▶ _Excerpted records_:
※

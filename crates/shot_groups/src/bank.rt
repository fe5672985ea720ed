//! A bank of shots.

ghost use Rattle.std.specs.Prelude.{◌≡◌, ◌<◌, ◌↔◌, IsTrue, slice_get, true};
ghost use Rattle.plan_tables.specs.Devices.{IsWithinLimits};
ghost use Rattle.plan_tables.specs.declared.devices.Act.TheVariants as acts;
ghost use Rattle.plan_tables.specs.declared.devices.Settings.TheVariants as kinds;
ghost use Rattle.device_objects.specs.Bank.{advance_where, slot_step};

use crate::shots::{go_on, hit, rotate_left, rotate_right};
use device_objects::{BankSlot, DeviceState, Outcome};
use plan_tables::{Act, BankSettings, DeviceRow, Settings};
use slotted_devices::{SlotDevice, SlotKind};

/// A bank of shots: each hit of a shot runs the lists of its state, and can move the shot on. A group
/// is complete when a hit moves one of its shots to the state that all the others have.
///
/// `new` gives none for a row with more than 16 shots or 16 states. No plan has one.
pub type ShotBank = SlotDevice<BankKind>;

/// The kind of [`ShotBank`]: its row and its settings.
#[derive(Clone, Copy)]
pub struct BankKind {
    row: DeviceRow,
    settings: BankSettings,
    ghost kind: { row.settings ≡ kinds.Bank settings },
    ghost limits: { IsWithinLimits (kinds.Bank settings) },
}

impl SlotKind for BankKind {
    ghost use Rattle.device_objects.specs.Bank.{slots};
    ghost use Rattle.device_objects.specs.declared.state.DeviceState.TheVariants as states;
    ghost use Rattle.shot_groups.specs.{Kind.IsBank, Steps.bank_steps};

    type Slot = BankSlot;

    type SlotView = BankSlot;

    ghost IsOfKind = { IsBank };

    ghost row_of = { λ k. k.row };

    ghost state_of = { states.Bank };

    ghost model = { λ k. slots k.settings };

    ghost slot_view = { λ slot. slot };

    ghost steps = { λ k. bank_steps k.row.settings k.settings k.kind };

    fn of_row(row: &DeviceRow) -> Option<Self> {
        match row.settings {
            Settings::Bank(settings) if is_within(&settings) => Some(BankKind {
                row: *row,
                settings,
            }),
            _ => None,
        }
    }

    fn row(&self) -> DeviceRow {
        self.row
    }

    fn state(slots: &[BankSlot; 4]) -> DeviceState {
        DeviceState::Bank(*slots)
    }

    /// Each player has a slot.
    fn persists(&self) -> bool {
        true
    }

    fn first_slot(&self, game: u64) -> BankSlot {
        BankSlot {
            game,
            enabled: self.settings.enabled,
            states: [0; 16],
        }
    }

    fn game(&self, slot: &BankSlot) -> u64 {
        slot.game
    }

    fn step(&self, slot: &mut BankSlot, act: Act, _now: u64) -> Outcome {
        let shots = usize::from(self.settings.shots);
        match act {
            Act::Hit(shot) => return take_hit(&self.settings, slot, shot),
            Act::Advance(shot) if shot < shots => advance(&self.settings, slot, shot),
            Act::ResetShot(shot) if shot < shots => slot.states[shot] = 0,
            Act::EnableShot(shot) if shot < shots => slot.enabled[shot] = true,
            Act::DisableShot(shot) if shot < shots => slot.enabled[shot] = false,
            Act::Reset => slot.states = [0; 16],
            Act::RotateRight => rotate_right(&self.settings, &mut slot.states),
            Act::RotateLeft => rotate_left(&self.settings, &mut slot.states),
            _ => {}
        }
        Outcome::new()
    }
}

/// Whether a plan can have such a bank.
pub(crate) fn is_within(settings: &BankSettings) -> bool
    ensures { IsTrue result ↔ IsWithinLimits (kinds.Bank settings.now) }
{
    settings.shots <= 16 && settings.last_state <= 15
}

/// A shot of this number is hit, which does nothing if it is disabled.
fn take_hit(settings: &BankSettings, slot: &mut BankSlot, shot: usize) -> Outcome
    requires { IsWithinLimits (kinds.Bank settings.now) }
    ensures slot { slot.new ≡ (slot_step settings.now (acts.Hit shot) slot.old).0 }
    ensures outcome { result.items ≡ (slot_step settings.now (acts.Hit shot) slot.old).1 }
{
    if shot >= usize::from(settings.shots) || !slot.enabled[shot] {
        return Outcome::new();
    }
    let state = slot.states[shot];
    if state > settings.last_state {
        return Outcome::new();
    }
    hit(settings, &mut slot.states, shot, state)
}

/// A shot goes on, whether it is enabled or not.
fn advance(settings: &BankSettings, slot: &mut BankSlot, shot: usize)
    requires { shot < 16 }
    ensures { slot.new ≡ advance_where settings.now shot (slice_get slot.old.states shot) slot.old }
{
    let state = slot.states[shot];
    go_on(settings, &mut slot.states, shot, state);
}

※

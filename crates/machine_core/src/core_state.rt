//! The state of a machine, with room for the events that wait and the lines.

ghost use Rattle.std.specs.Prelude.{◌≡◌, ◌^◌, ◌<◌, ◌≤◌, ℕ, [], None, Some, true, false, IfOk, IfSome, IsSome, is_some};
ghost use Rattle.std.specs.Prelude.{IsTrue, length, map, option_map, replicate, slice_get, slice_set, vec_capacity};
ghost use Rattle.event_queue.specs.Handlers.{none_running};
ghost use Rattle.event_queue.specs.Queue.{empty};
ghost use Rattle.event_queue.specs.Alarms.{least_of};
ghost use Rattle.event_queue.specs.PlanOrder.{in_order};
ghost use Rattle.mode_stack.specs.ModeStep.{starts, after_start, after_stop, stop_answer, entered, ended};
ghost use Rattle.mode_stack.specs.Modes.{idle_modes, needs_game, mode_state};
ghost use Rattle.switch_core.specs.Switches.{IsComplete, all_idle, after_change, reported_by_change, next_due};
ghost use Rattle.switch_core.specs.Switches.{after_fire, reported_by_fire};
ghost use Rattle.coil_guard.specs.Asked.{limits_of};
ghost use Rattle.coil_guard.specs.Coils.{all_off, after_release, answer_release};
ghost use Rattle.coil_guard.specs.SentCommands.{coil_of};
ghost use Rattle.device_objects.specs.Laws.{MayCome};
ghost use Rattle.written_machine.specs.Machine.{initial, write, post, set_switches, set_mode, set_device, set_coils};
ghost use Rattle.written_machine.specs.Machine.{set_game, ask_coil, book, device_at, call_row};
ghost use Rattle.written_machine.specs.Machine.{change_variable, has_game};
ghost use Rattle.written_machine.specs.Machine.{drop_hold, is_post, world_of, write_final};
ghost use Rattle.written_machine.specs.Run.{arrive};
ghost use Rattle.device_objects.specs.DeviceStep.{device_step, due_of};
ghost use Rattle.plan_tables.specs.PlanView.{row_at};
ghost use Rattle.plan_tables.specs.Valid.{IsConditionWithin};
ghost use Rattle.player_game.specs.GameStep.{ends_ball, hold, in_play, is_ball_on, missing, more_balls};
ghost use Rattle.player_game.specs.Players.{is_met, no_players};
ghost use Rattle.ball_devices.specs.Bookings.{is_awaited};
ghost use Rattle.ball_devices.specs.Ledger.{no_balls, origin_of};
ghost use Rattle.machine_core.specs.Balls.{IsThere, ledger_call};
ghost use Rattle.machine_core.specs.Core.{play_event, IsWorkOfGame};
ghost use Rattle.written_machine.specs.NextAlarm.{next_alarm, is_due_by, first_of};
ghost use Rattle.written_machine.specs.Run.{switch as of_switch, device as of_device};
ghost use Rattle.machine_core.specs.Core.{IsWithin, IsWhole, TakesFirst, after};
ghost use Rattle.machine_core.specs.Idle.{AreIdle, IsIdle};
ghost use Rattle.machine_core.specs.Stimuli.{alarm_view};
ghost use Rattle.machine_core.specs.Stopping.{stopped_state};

※

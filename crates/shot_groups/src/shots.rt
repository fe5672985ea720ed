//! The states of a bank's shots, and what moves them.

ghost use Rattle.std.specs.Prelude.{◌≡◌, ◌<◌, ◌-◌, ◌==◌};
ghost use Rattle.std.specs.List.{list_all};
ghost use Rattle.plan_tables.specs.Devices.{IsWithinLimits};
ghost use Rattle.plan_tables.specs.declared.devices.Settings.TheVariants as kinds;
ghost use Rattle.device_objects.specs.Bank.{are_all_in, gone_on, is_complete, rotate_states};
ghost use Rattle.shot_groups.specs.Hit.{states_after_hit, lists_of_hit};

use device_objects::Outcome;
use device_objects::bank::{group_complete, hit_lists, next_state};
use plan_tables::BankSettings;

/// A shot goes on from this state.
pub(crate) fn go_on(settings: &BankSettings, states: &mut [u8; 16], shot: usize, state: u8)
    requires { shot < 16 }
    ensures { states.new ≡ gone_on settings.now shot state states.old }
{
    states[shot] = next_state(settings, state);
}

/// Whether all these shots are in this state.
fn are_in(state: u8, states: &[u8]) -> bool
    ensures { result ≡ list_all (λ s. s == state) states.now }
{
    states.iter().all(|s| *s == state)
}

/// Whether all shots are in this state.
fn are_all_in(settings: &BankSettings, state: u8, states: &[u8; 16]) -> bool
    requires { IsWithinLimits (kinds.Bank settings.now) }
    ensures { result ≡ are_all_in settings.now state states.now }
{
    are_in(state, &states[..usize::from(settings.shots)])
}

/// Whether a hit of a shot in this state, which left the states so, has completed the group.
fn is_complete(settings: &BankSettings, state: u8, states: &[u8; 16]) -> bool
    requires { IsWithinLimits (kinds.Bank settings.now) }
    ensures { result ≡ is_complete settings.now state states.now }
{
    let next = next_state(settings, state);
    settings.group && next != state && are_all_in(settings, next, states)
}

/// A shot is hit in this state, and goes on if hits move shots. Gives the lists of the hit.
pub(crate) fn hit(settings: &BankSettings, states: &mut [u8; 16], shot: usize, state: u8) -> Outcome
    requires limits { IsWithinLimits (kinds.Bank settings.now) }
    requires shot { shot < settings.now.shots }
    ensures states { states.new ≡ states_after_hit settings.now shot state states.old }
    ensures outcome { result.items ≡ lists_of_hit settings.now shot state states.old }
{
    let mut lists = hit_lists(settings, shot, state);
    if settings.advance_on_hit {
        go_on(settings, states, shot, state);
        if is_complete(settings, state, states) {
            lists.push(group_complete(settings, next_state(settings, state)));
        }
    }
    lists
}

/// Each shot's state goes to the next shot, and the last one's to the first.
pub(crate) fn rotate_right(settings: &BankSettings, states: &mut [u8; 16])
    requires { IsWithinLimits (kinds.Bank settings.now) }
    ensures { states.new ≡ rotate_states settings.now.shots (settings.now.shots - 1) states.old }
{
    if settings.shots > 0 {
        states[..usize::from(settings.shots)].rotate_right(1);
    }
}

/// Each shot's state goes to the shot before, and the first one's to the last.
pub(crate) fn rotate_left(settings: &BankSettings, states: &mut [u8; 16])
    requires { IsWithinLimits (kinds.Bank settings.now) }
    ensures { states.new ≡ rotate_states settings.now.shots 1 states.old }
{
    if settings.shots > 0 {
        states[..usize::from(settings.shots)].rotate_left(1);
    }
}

※

▶ _Directions_:
Set down again, word for word, the stretch of records from the line with "if is_complete(settings, state, states)" to the line with "pub(crate) fn rotate_left(settings: &BankSettings, states: &mut", both of those lines included.

▶ _Your response_:
        if is_complete(settings, state, states) {
            lists.push(group_complete(settings, next_state(settings, state)));
        }
    }
    lists
}

/// Each shot's state goes to the next shot, and the last one's to the first.
pub(crate) fn rotate_right(settings: &BankSettings, states: &mut [u8; 16])
    requires { IsWithinLimits (kinds.Bank settings.now) }
    ensures { states.new ≡ rotate_states settings.now.shots (settings.now.shots - 1) states.old }
{
    if settings.shots > 0 {
        states[..usize::from(settings.shots)].rotate_right(1);
    }
}

/// Each shot's state goes to the shot before, and the first one's to the last.
pub(crate) fn rotate_left(settings: &BankSettings, states: &mut [u8; 16])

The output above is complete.